Seine Behörde ist für Facebook in Deutschland zuständig. Der Ausfall am Montag habe deutlich gemacht, wie sehr Facebook seine sozialen Netzwerke inzwischen verknüpft habe. "Dass alle großen Dienste - Facebook, WhatsApp und Instagram - zugleich betroffen waren, zeigt die enge Nähe dieser Produkte und deren immer größere Verschmelzung miteinander."
"Schwerer wiegen die fortwährenden Bestrebungen, die Dienste auch inhaltlich zu verzahnen und Daten aus einem Dienst für den anderen zu nutzen", sagte Kühn. Hier habe sich seine Behörde auf europäischer Ebene nicht durchsetzen können, die Benutzung personenbezogener WhatsApp-Daten für Facebook-Zwecke zu untersagen. Der Ausfall zeige auch, wie sehr Facebook in Europa entgegen anderen Verlautbarungen aus den USA betrieben werde. "Die scheinbare Eigenständigkeit der europäischen Anbieter Facebook Ireland Ltd. und WhatsApp Ireland Ltd. besteht vor allem auf dem Papier."
Technische Probleme bei Facebook und seinen Töchtern WhatsApp und Instagram hatten am Montag zu einem rund sechsstündigen Ausfall geführt. Insbesondere jüngere Menschen haben darauf mit Frust reagiert. Wie aus einer YouGov-Umfrage hervorgeht, fühlten sich 46 Prozent der 18- bis 24-Jährigen in ihrer Kommunikation eingeschränkt.
Bei der Gesamtbevölkerung gab ein Viertel der Befragten an, sich eingeschränkt gefühlt zu haben.
Als Konsequenz aus dem Ausfall der Facebook-Dienste fordern Verbraucherschützer mehr Alternativen. "Tech-Giganten wie Google, Apple oder Amazon kontrollieren aus ihrer starken Marktposition heraus den Zugang zu Handelsplätzen und digitalen Ökosystemen", sagte der Chef des Bundesverbands der Verbraucherzentralen, Klaus Müller, der Funke-Mediengruppe. Verbraucher und Wettbewerber seien oft von deren Diensten abhängig.

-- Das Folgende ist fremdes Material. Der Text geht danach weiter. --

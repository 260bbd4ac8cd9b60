// A list of at most so many values, which lie in the value itself.
#![tactic(auto)]

ghost use Rattle.std.specs.Prelude.{◌≡◌, ◌<◌, ◌≤◌, [], ◌∷◌, ◌++◌, length};

use std::marker::Model;

// Up to N values, in order; a contract sees the list. An array and a count, not a Vec: the linker has no heap. Of the project's own,
// since arrayvec's asks that the values have a default, and a refusal has none.
#[derive(Clone, Drop)]
pub struct FixedVec<T, const N: usize> {
    places: [T; N],
    count: usize,
}

impl<T, const N: usize> Model for FixedVec<T, N> {
    ghost use Rattle.std.specs.Prelude.{List, take, length, ◌≤◌, ◌≡◌};
    ghost use Rattle.std.specs.Coded.{coded_list};

    ghost Value = { List T };

    ghost coded = { coded_list T.code };

    ghost view = { λ v. take v.count v.places };

    ghost invariant = { λ v. (v.count ≤ N) × (length v.places ≡ N) };
}

impl<T: Copy, const N: usize> FixedVec<T, N> {
    // No value; `blank` stands in the places until they are taken.
    pub fn new(blank: T) -> FixedVec<T, N>
        ensures { result ≡ [] }
    {
        FixedVec {
            places: [blank; N],
            count: 0,
        }
    }

    pub fn push(&mut self, value: T)
        requires { length self.old < N }
        ensures { self.new ≡ self.old ++ value ∷ [] }
    {
        self.places[self.count] = value;
        self.count += 1;
    }

    pub fn as_slice(&self) -> &[T]
        ensures value { result.now ≡ self.now }
        ensures fits { length result.now ≤ N }
    {
        &self.places[..self.count]
    }
}
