//! A page that is to be judged.
ghost use Rattle.std.specs.Prelude.{◌≡◌};
ghost use Rattle.wap_devices.specs.Pages.{IsSmall};

use std::marker::Model;
use wap_base::Text;
use wap_devices::Fetched;

/// A name, and what the store answered for it. A contract sees a pair of them.
#[derive(Drop)]
pub struct Job {
    name: Text,
    page: Fetched,
}

impl Model for Job {
    ghost use Rattle.std.specs.Prelude.{List, ℕ};
    ghost use Rattle.wap_devices.specs.declared.store.Fetched.{Fetched};
    ghost use Rattle.wap_devices.specs.Pages.{IsSmall};

    ghost Value = { List ℕ × Fetched };

    ghost view = { λ job. (job.name, job.page) };

    ghost invariant = { λ job. IsSmall job.page };
}

impl Job {
    /// A page that is found is one of a store, and so it is small.
    pub(crate) fn new(name: Text, page: Fetched) -> Job
        requires { IsSmall page }
        ensures { result ≡ (name, page) }
    {
        Job { name, page }
    }

    /// The name of the page.
    pub fn name(&self) -> &Text
        ensures { result.now ≡ self.now.0 }
    {
        &self.name
    }

    /// What the store answered.
    pub fn page(&self) -> &Fetched
        ensures page { result.now ≡ self.now.1 }
        ensures small { IsSmall self.now.1 }
    {
        &self.page
    }
}
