//! Judging pages side by side.
ghost use Rattle.std.specs.Prelude.{◌≡◌, ◌<◌, ◌^◌, Some, Ok, map, length, IfOk};
ghost use Rattle.wap_devices.specs.Pages.{IsSmall};
ghost use Rattle.wap_cli.specs.prepare.Reports.{IsVerdict, IsForFault};
ghost use Rattle.wap_cli.specs.Answers.{page_of};
ghost use Rattle.wap_cli.specs.prepare.inside.Jobs.{IsRight};

use crate::prepare::job::Job;
use std::alloc::Global;
use wap_base::{NoMemory, Text};
use wap_devices::Fetched;
use wap_folder::Work;
use wap_pages::{PageErr, PageFault, judge};

/// The fault for which a page with these bytes is refused, or none.
fn judge_bytes(alloc: Global, name: &Text, bytes: &[u8]) -> Result<Option<PageFault>, NoMemory>
    requires { length bytes.now < 2 ^ 31 }
    ensures verdict { IfOk result (IsVerdict name.now (Some bytes.now)) }
    ensures for_fault { IfOk result IsForFault }
{
    match judge(alloc, name, bytes) {
        Ok(_) => Ok(None),
        Err(PageErr::Refused(fault)) => Ok(Some(fault)),
        Err(PageErr::NoMemory) => Err(NoMemory),
    }
}

/// The fault for which what a store answered is refused, or none.
fn judge_page(alloc: Global, name: &Text, page: &Fetched) -> Result<Option<PageFault>, NoMemory>
    requires { IsSmall page.now }
    ensures verdict { IfOk result (IsVerdict name.now (page_of page.now)) }
    ensures for_fault { IfOk result IsForFault }
{
    match page {
        Fetched::Found(bytes) => judge_bytes(alloc, name, bytes.as_slice()),
        Fetched::Missing => Ok(Some(PageFault::Missing)),
    }
}

/// Pages are judged, each by itself.
#[derive(Drop)]
pub(crate) struct Judging {
    /// Where memory is taken.
    pub(crate) alloc: Global,
}

impl Work for Judging {
    type Job = Job;

    type Answer = Result<(Text, Option<PageFault>), NoMemory>;

    ghost right = { λ _ job answer. IfOk answer (IsRight job) };

    fn work(&self, job: &Job) -> Result<(Text, Option<PageFault>), NoMemory> {
        let name = job.name().copy(self.alloc)?;
        let verdict = judge_page(self.alloc, job.name(), job.page())?;
        Ok((name, verdict))
    }
}

/// What jobs came to, if memory sufficed for all.
pub fn all_answers<A: Drop>(
    alloc: Global,
    answers: Vec<Result<A, NoMemory>>,
) -> Result<Vec<A>, NoMemory>
    ensures { IfOk result (λ all. map Ok all.items ≡ answers.items) }
{
    let mut all = Vec::new(alloc);
    for answer in answers {
        all.push(answer?)?;
    }
    Ok(all)
}
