//! Reading an image from its bytes.
ghost use Rattle.std.specs.Prelude.{◌≢◌, IfOk, IfErr, Ok, Err};
ghost use Rattle.wap_base.specs.Outcome.{Meets};
ghost use Rattle.wap_image.specs.declared.context_parts.fault.ImageFault.{ImageFault};
ghost use Rattle.wap_image.specs.declared.context_parts.fault.ImageFault.TheVariants.{NoMemory};
ghost use Rattle.wap_image.specs.Images.{Saved, IsImage};
ghost use Rattle.wap_image.specs.Refusal.{IsRefused};
ghost use Rattle.wap_image.specs.Rules.{MayBeSaved};
ghost use Rattle.wap_image.specs.inside.ImageReading.{head_at, drawn_at, budget_at};
ghost use Rattle.wap_image.specs.inside.ImageReading.{lists_at, items_at, image_at};

use crate::context_parts::{ContextParts, ImageFault};
use crate::entries::read_entries;
use crate::items::is_head;
use crate::limits::read_limits;
use crate::steps::{number, take_bytes};
use crate::timer::read_timer;
use crate::variables::read_variables;
use std::alloc::Global;
use wap_base::place;

/// The parts of which the bytes are the image, all of them, and the turns of a key. Of a text no
/// more is copied than there are bytes.
pub fn read(alloc: Global, bytes: &[u8]) -> Result<(ContextParts, u32), ImageFault>
    // What is read is spelled so, and what is spelled so is read.
    ensures found { IfOk result (λ saved. IsImage bytes.now saved) }
    ensures only { (saved : Saved) → IsImage bytes.now saved
        → Meets NoMemory (λ s. s) result (Ok saved) }
    // The parts keep the rules of parts, and may be written again.
    ensures kept { IfOk result (λ saved. MayBeSaved saved.0 saved.1) }
    // A fault is the first one from the left, and the first one from the left is found.
    ensures refused { IfErr result (λ fault. fault ≢ NoMemory → IsRefused bytes.now fault) }
    ensures first { (fault : ImageFault) → IsRefused bytes.now fault
        → Meets {Y = Saved} NoMemory (λ s. s) result (Err fault) }
{
    read_image(alloc, bytes)
}

#[tactic(auto, unfolding(crate::specs::inside::ImageReading::image_at))]
fn read_image(alloc: Global, bytes: &[u8]) -> Result<(ContextParts, u32), ImageFault>
    ensures { Meets NoMemory (λ saved. saved) result (image_at bytes.now) }
{
    let end = bytes.len();
    let (saved, rest) = read_items(alloc, end, bytes)?;
    if !rest.is_empty() {
        return Err(ImageFault::Rest {
            at: place(end, rest),
        });
    }
    Ok(saved)
}

/// The items, one after the other.
#[tactic(auto, unfolding(crate::specs::inside::ImageReading::items_at))]
fn read_items(
    alloc: Global,
    end: usize,
    bytes: &[u8],
) -> Result<((ContextParts, u32), &[u8]), ImageFault>
    ensures { Meets NoMemory (λ read. (read.0, read.1.now)) result (items_at end bytes.now) }
{
    let (_, rest) = read_head(end, bytes)?;
    let (seed, rest) = number(end, rest)?;
    let (start, rest) = number(end, rest)?;
    let (drawn, rest) = read_drawn(end, rest)?;
    let (budget, rest) = read_budget(end, rest)?;
    read_lists(alloc, seed, start, drawn, budget, end, rest)
}

/// The items after the numbers, which are these.
#[tactic(auto, unfolding(crate::specs::inside::ImageReading::lists_at))]
fn read_lists(
    alloc: Global,
    seed: u32,
    start: u32,
    drawn: u64,
    budget: u32,
    end: usize,
    bytes: &[u8],
) -> Result<((ContextParts, u32), &[u8]), ImageFault>
    ensures { Meets NoMemory (λ read. (read.0, read.1.now)) result
        (lists_at seed start drawn budget end bytes.now) }
{
    let (limits, rest) = read_limits(end, bytes)?;
    let (timer, rest) = read_timer(end, rest)?;
    let (vars, rest) = read_variables(alloc, end, rest)?;
    let (history, rest) = read_entries(alloc, limits, timer, end, rest)?;
    let parts = ContextParts {
        vars,
        history,
        timer,
        seed,
        start,
        drawn,
        limits,
    };
    Ok(((parts, budget), rest))
}

/// The bytes with which an image begins.
#[tactic(auto, unfolding(crate::specs::inside::ImageReading::head_at))]
fn read_head(end: usize, bytes: &[u8]) -> Result<(&[u8], &[u8]), ImageFault>
    ensures { Meets NoMemory (λ read. (read.0.now, read.1.now)) result (head_at end bytes.now) }
{
    let (head, rest) = take_bytes(3, end, bytes)?;
    if !is_head(head) {
        return Err(ImageFault::Head);
    }
    Ok((head, rest))
}

/// How many words were drawn.
#[tactic(auto, unfolding(crate::specs::inside::ImageReading::drawn_at))]
fn read_drawn(end: usize, bytes: &[u8]) -> Result<(u64, &[u8]), ImageFault>
    ensures { Meets NoMemory (λ read. (read.0, read.1.now)) result (drawn_at end bytes.now) }
{
    let (value, rest) = take_bytes(8, end, bytes)?;
    let drawn = u64::from_be_bytes([
        value[0], value[1], value[2], value[3], value[4], value[5], value[6], value[7],
    ]);
    if drawn == u64::MAX {
        return Err(ImageFault::Range {
            at: place(end, bytes),
        });
    }
    Ok((drawn, rest))
}

/// The turns of a key.
#[tactic(auto, unfolding(crate::specs::inside::ImageReading::budget_at))]
fn read_budget(end: usize, bytes: &[u8]) -> Result<(u32, &[u8]), ImageFault>
    ensures { Meets NoMemory (λ read. (read.0, read.1.now)) result (budget_at end bytes.now) }
{
    let (budget, rest) = number(end, bytes)?;
    if budget == 0 {
        return Err(ImageFault::Range {
            at: place(end, bytes),
        });
    }
    Ok((budget, rest))
}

Um diese Abhängigkeit zu verringern, forderte Müller eine Schnittstellen-Pflicht für Messenger-Dienste, so dass unterschiedliche Systeme zusammenarbeiten können. Dies würde die Kommunikation von Nutzerinnen und Nutzern verschiedener Dienste ermöglichen, "ohne etwa zwangsläufig zu WhatsApp wechseln zu müssen".
Große Hoffnung setzt Müller in eine Initiative der EU: den Digital Markets Act. Mit dem Gesetzesvorhaben müsse die Bevorzugung der eigenen Produkte durch die Konzerne unterbunden werden, forderte der Verbraucherschützer. Echte Wahlfreiheit hätten Nutzer, "wenn etwa Plattformen sie nicht mehr daran hindern dürfen, vorinstallierte Apps zu löschen oder alternative App Stores zu nutzen".